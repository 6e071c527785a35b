ghost use Rattle.std.specs.Prelude.{◌≡◌, [], ◌++◌, List, length, map, IfOk, OnOk, Some};
ghost use Rattle.std.specs.List.{list_any};
ghost use Rattle.std.specs.Option.{option_copied};
ghost use Rattle.cal_agg.specs.declared.num.Num.{Num as Number};
ghost use Rattle.cal_filter.specs.Kept.{result_entry as result_entry_of};
ghost use Rattle.cal_filter.specs.Numbers.{value_of_number as value_of};
ghost use Rattle.cal_value.specs.declared.record.Rec.{Rec as ARecord};
ghost use Rattle.cal_engine.specs.Finishing.{entries_of_results, entry_of_result, row_with};
ghost use Rattle.cal_engine.specs.Finishing.{rows_by, AreGroupParts, AreKept, GroupLists, Lists};
ghost use Rattle.cal_parts.specs.Shown.{TakesWhole};
ghost use Rattle.cal_engine.specs.Finishing.{is_inclusive, looks_beyond};
ghost use Rattle.cal_engine.specs.Folding.{groups_over};
ghost use Rattle.cal_keys.specs.Groups.{groups_of};
ghost use Rattle.cal_parts.specs.Kernels.{contributed, result_of};
ghost use Rattle.cal_parts.specs.Parts.{part_over, parts_over};
ghost use Rattle.cal_engine.specs.Rows.{row_of as row_by};

use crate::below::parts_below;
use crate::groups::total;
use cal_agg::Num;
use cal_filter::value_of_number;
use cal_parts::{Part, PartTable, push_some};
use cal_ql::{Agg, KernelName, Query};
use cal_value::{Attribute, Entry, Kind, OutOfMemory, Props, Rec, Seq, Text, TryCopy};
use std::alloc::Global;

/// Adds the entries of a group's results, those that are there.
fn add_results(
    alloc: Global,
    entries: &mut Vec<Entry>,
    aggs: &[Agg],
    own: &Seq<Part>,
    all: &Seq<Part>,
    below: &Seq<Part>,
) -> Result<(), OutOfMemory>
    ensures { OnOk result ((lists : Lists) → AreKept aggs.now lists own.now all.now below.now
        → entries.new.items ≡ entries.old.items ++ entries_of_results aggs.now lists) }
{
    for (place, agg) in aggs.iter().enumerate() {
        let found = result_at(alloc, agg, own.get(place), all.get(place), below.get(place))?;
        push_some(entries, found)?;
    }
    Ok(())
}

/// The entry of a kernel's result, if that is there.
fn result_at(
    alloc: Global,
    agg: &Agg,
    own: Option<&Part>,
    all: Option<&Part>,
    below: Option<&Part>,
) -> Result<Option<Entry>, OutOfMemory>
    ensures { IfOk result (λ entry. (lists : Lists)
        → option_copied own.entry ≡ Some (part_over agg.now.kernel (contributed agg.now lists.own))
        → option_copied all.entry ≡ Some (part_over agg.now.kernel (contributed agg.now lists.all))
        → option_copied below.entry
        ≡ Some (part_over agg.now.kernel (contributed agg.now lists.below))
        → entry ≡ entry_of_result lists agg.now) }
{
    match value_at(agg.kernel, own, all, below) {
        Some(number) => Ok(Some(result_entry(alloc, &agg.name, number)?)),
        None => Ok(None),
    }
}

/// What a kernel comes to, of the parts at its place.
pub(crate) fn value_at(
    kernel: KernelName,
    own: Option<&Part>,
    all: Option<&Part>,
    below: Option<&Part>,
) -> Option<Num>
    ensures { (ns ms bs : List Number)
        → option_copied own.entry ≡ Some (part_over kernel ns)
        → option_copied all.entry ≡ Some (part_over kernel ms)
        → option_copied below.entry ≡ Some (part_over kernel bs)
        → TakesWhole kernel ns → result ≡ result_of kernel ns ms bs }
{
    own?.value(kernel, all?, below?)
}

/// The entry of a result, of kind int, or double where it is Fixed.
fn result_entry(alloc: Global, name: &Text, number: Num) -> Result<Entry, OutOfMemory>
    ensures { IfOk result (λ entry. entry ≡ result_entry_of name.now (value_of number)) }
{
    Ok(Entry {
        attr: Attribute {
            name: name.copy(alloc)?,
            kind: match number {
                Num::Whole(_) => Kind::Int,
                Num::Fixed(_) => Kind::Double,
            },
            props: Props(65),
        },
        value: value_of_number(number),
    })
}

/// The row of a group.
fn row(
    alloc: Global,
    aggs: &[Agg],
    key: Rec,
    own: &Seq<Part>,
    all: &Seq<Part>,
    below: &Seq<Part>,
) -> Result<Rec, OutOfMemory>
    ensures { IfOk result (λ row. (lists : Lists) → AreKept aggs.now lists own.now all.now below.now
        → row ≡ row_with key (entries_of_results aggs.now lists)) }
{
    let Rec { paths, imms } = key;
    let mut entries = imms.into_vec();
    add_results(alloc, &mut entries, aggs, own, all, below)?;
    Ok(Rec {
        paths,
        imms: Seq::from_vec(entries),
    })
}

/// The rows of groups, in first-seen order.
pub(crate) fn group_rows(
    alloc: Global,
    query: &Query,
    keys: Vec<Rec>,
    parts: &[Seq<Part>],
) -> Result<Seq<Rec>, OutOfMemory>
    requires { length parts.now ≡ length keys.items }
    ensures { IfOk result (λ rows. (rs : List ARecord)
        → record { keys = keys.items; parts = parts.now } ≡ groups_over query.now rs
        → rows ≡ map (row_by query.now rs) (groups_of query.now.group rs)) }
{
    let aggs = query.aggs.as_slice();
    let none = no_parts(alloc, aggs)?;
    let table = PartTable::of(alloc, parts)?;
    let all = total(alloc, &table, &none)?;
    if some_inclusive(aggs) {
        let below = parts_below(alloc, &keys, &table, &none)?;
        let made = rows(alloc, aggs, keys, parts, &all, &below)?;
        return Ok(made);
    }
    let made = rows(alloc, aggs, keys, parts, &all, parts)?;
    Ok(made)
}

/// Whether some kernel looks at the groups below a group.
pub(crate) fn some_inclusive(aggs: &[Agg]) -> bool
    ensures { result ≡ list_any (λ agg. is_inclusive agg.kernel) aggs.now }
{
    aggs.iter()
        .any(|agg| matches!(agg.kernel, KernelName::Inclusive))
}

/// Whether some kernel looks at more than a group's own records.
pub(crate) fn some_beyond(aggs: &[Agg]) -> bool
    ensures { result ≡ list_any (λ agg. looks_beyond agg.kernel) aggs.now }
{
    aggs.iter().any(|agg| matches!(agg.kernel, KernelName::Inclusive | KernelName::Percent))
}

/// The rows of groups, each of its own parts, of those of all groups, and of those below it.
fn rows(
    alloc: Global,
    aggs: &[Agg],
    keys: Vec<Rec>,
    parts: &[Seq<Part>],
    all: &Seq<Part>,
    below: &[Seq<Part>],
) -> Result<Seq<Rec>, OutOfMemory>
    requires parts { length parts.now ≡ length keys.items }
    requires below { length below.now ≡ length keys.items }
    ensures { IfOk result (λ rows. (lists : GroupLists)
        → AreGroupParts aggs.now lists keys.items parts.now all.now below.now
        → rows ≡ rows_by aggs.now lists keys.items) }
{
    let mut rows = Vec::with_capacity(alloc, keys.len())?;
    for key in keys {
        let number = rows.len();
        rows.push(row(alloc, aggs, key, &parts[number], all, &below[number])?)?;
    }
    Ok(Seq::from_vec(rows))
}

/// What is kept of no record.
pub(crate) fn no_parts(alloc: Global, aggs: &[Agg]) -> Result<Seq<Part>, OutOfMemory>
    ensures { IfOk result (λ parts. parts ≡ parts_over aggs.now []) }
{
    let mut parts = Vec::with_capacity(alloc, aggs.len())?;
    for agg in aggs {
        parts.push(Part::of(agg.kernel, &[])?)?;
    }
    Ok(Seq::from_vec(parts))
}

┄┄┄┄┄┄┄┄┄┄

Output each line of the records above exactly.

repository 6e071c527785a35b
ghost use Rattle.std.specs.Prelude.{◌≡◌, [], ◌++◌, List, length, map, IfOk, OnOk, Some};
ghost use Rattle.std.specs.List.{list_any};
ghost use Rattle.std.specs.Option.{option_copied};
ghost use Rattle.cal_agg.specs.declared.num.Num.{Num as Number};
ghost use Rattle.cal_filter.specs.Kept.{result_entry as result_entry_of};
ghost use Rattle.cal_filter.specs.Numbers.{value_of_number as value_of};
ghost use Rattle.cal_value.specs.declared.record.Rec.{Rec as ARecord};
ghost use Rattle.cal_engine.specs.Finishing.{entries_of_results, entry_of_result, row_with};
ghost use Rattle.cal_engine.specs.Finishing.{rows_by, AreGroupParts, AreKept, GroupLists, Lists};
ghost use Rattle.cal_parts.specs.Shown.{TakesWhole};
ghost use Rattle.cal_engine.specs.Finishing.{is_inclusive, looks_beyond};
ghost use Rattle.cal_engine.specs.Folding.{groups_over};
ghost use Rattle.cal_keys.specs.Groups.{groups_of};
ghost use Rattle.cal_parts.specs.Kernels.{contributed, result_of};
ghost use Rattle.cal_parts.specs.Parts.{part_over, parts_over};
ghost use Rattle.cal_engine.specs.Rows.{row_of as row_by};

use crate::below::parts_below;
use crate::groups::total;
use cal_agg::Num;
use cal_filter::value_of_number;
use cal_parts::{Part, PartTable, push_some};
use cal_ql::{Agg, KernelName, Query};
use cal_value::{Attribute, Entry, Kind, OutOfMemory, Props, Rec, Seq, Text, TryCopy};
use std::alloc::Global;

/// Adds the entries of a group's results, those that are there.
fn add_results(
    alloc: Global,
    entries: &mut Vec<Entry>,
    aggs: &[Agg],
    own: &Seq<Part>,
    all: &Seq<Part>,
    below: &Seq<Part>,
) -> Result<(), OutOfMemory>
    ensures { OnOk result ((lists : Lists) → AreKept aggs.now lists own.now all.now below.now
        → entries.new.items ≡ entries.old.items ++ entries_of_results aggs.now lists) }
{
    for (place, agg) in aggs.iter().enumerate() {
        let found = result_at(alloc, agg, own.get(place), all.get(place), below.get(place))?;
        push_some(entries, found)?;
    }
    Ok(())
}

/// The entry of a kernel's result, if that is there.
fn result_at(
    alloc: Global,
    agg: &Agg,
    own: Option<&Part>,
    all: Option<&Part>,
    below: Option<&Part>,
) -> Result<Option<Entry>, OutOfMemory>
    ensures { IfOk result (λ entry. (lists : Lists)
        → option_copied own.entry ≡ Some (part_over agg.now.kernel (contributed agg.now lists.own))
        → option_copied all.entry ≡ Some (part_over agg.now.kernel (contributed agg.now lists.all))
        → option_copied below.entry
        ≡ Some (part_over agg.now.kernel (contributed agg.now lists.below))
        → entry ≡ entry_of_result lists agg.now) }
{
    match value_at(agg.kernel, own, all, below) {
        Some(number) => Ok(Some(result_entry(alloc, &agg.name, number)?)),
        None => Ok(None),
    }
}

/// What a kernel comes to, of the parts at its place.
pub(crate) fn value_at(
    kernel: KernelName,
    own: Option<&Part>,
    all: Option<&Part>,
    below: Option<&Part>,
) -> Option<Num>
    ensures { (ns ms bs : List Number)
        → option_copied own.entry ≡ Some (part_over kernel ns)
        → option_copied all.entry ≡ Some (part_over kernel ms)
        → option_copied below.entry ≡ Some (part_over kernel bs)
        → TakesWhole kernel ns → result ≡ result_of kernel ns ms bs }
{
    own?.value(kernel, all?, below?)
}

/// The entry of a result, of kind int, or double where it is Fixed.
fn result_entry(alloc: Global, name: &Text, number: Num) -> Result<Entry, OutOfMemory>
    ensures { IfOk result (λ entry. entry ≡ result_entry_of name.now (value_of number)) }
{
    Ok(Entry {
        attr: Attribute {
            name: name.copy(alloc)?,
            kind: match number {
                Num::Whole(_) => Kind::Int,
                Num::Fixed(_) => Kind::Double,
            },
            props: Props(65),
        },
        value: value_of_number(number),
    })
}

/// The row of a group.
fn row(
    alloc: Global,
    aggs: &[Agg],
    key: Rec,
    own: &Seq<Part>,
    all: &Seq<Part>,
    below: &Seq<Part>,
) -> Result<Rec, OutOfMemory>
    ensures { IfOk result (λ row. (lists : Lists) → AreKept aggs.now lists own.now all.now below.now
        → row ≡ row_with key (entries_of_results aggs.now lists)) }
{
    let Rec { paths, imms } = key;
    let mut entries = imms.into_vec();
    add_results(alloc, &mut entries, aggs, own, all, below)?;
    Ok(Rec {
        paths,
        imms: Seq::from_vec(entries),
    })
}

/// The rows of groups, in first-seen order.
pub(crate) fn group_rows(
    alloc: Global,
    query: &Query,
    keys: Vec<Rec>,
    parts: &[Seq<Part>],
) -> Result<Seq<Rec>, OutOfMemory>
    requires { length parts.now ≡ length keys.items }
    ensures { IfOk result (λ rows. (rs : List ARecord)
        → record { keys = keys.items; parts = parts.now } ≡ groups_over query.now rs
        → rows ≡ map (row_by query.now rs) (groups_of query.now.group rs)) }
{
    let aggs = query.aggs.as_slice();
    let none = no_parts(alloc, aggs)?;
    let table = PartTable::of(alloc, parts)?;
    let all = total(alloc, &table, &none)?;
    if some_inclusive(aggs) {
        let below = parts_below(alloc, &keys, &table, &none)?;
        let made = rows(alloc, aggs, keys, parts, &all, &below)?;
        return Ok(made);
    }
    let made = rows(alloc, aggs, keys, parts, &all, parts)?;
    Ok(made)
}

/// Whether some kernel looks at the groups below a group.
pub(crate) fn some_inclusive(aggs: &[Agg]) -> bool
    ensures { result ≡ list_any (λ agg. is_inclusive agg.kernel) aggs.now }
{
    aggs.iter()
        .any(|agg| matches!(agg.kernel, KernelName::Inclusive))
}

/// Whether some kernel looks at more than a group's own records.
pub(crate) fn some_beyond(aggs: &[Agg]) -> bool
    ensures { result ≡ list_any (λ agg. looks_beyond agg.kernel) aggs.now }
{
    aggs.iter().any(|agg| matches!(agg.kernel, KernelName::Inclusive | KernelName::Percent))
}

/// The rows of groups, each of its own parts, of those of all groups, and of those below it.
fn rows(
    alloc: Global,
    aggs: &[Agg],
    keys: Vec<Rec>,
    parts: &[Seq<Part>],
    all: &Seq<Part>,
    below: &[Seq<Part>],
) -> Result<Seq<Rec>, OutOfMemory>
    requires parts { length parts.now ≡ length keys.items }
    requires below { length below.now ≡ length keys.items }
    ensures { IfOk result (λ rows. (lists : GroupLists)
        → AreGroupParts aggs.now lists keys.items parts.now all.now below.now
        → rows ≡ rows_by aggs.now lists keys.items) }
{
    let mut rows = Vec::with_capacity(alloc, keys.len())?;
    for key in keys {
        let number = rows.len();
        rows.push(row(alloc, aggs, key, &parts[number], all, &below[number])?)?;
    }
    Ok(Seq::from_vec(rows))
}

/// What is kept of no record.
pub(crate) fn no_parts(alloc: Global, aggs: &[Agg]) -> Result<Seq<Part>, OutOfMemory>
    ensures { IfOk result (λ parts. parts ≡ parts_over aggs.now []) }
{
    let mut parts = Vec::with_capacity(alloc, aggs.len())?;
    for agg in aggs {
        parts.push(Part::of(agg.kernel, &[])?)?;
    }
    Ok(Seq::from_vec(parts))
}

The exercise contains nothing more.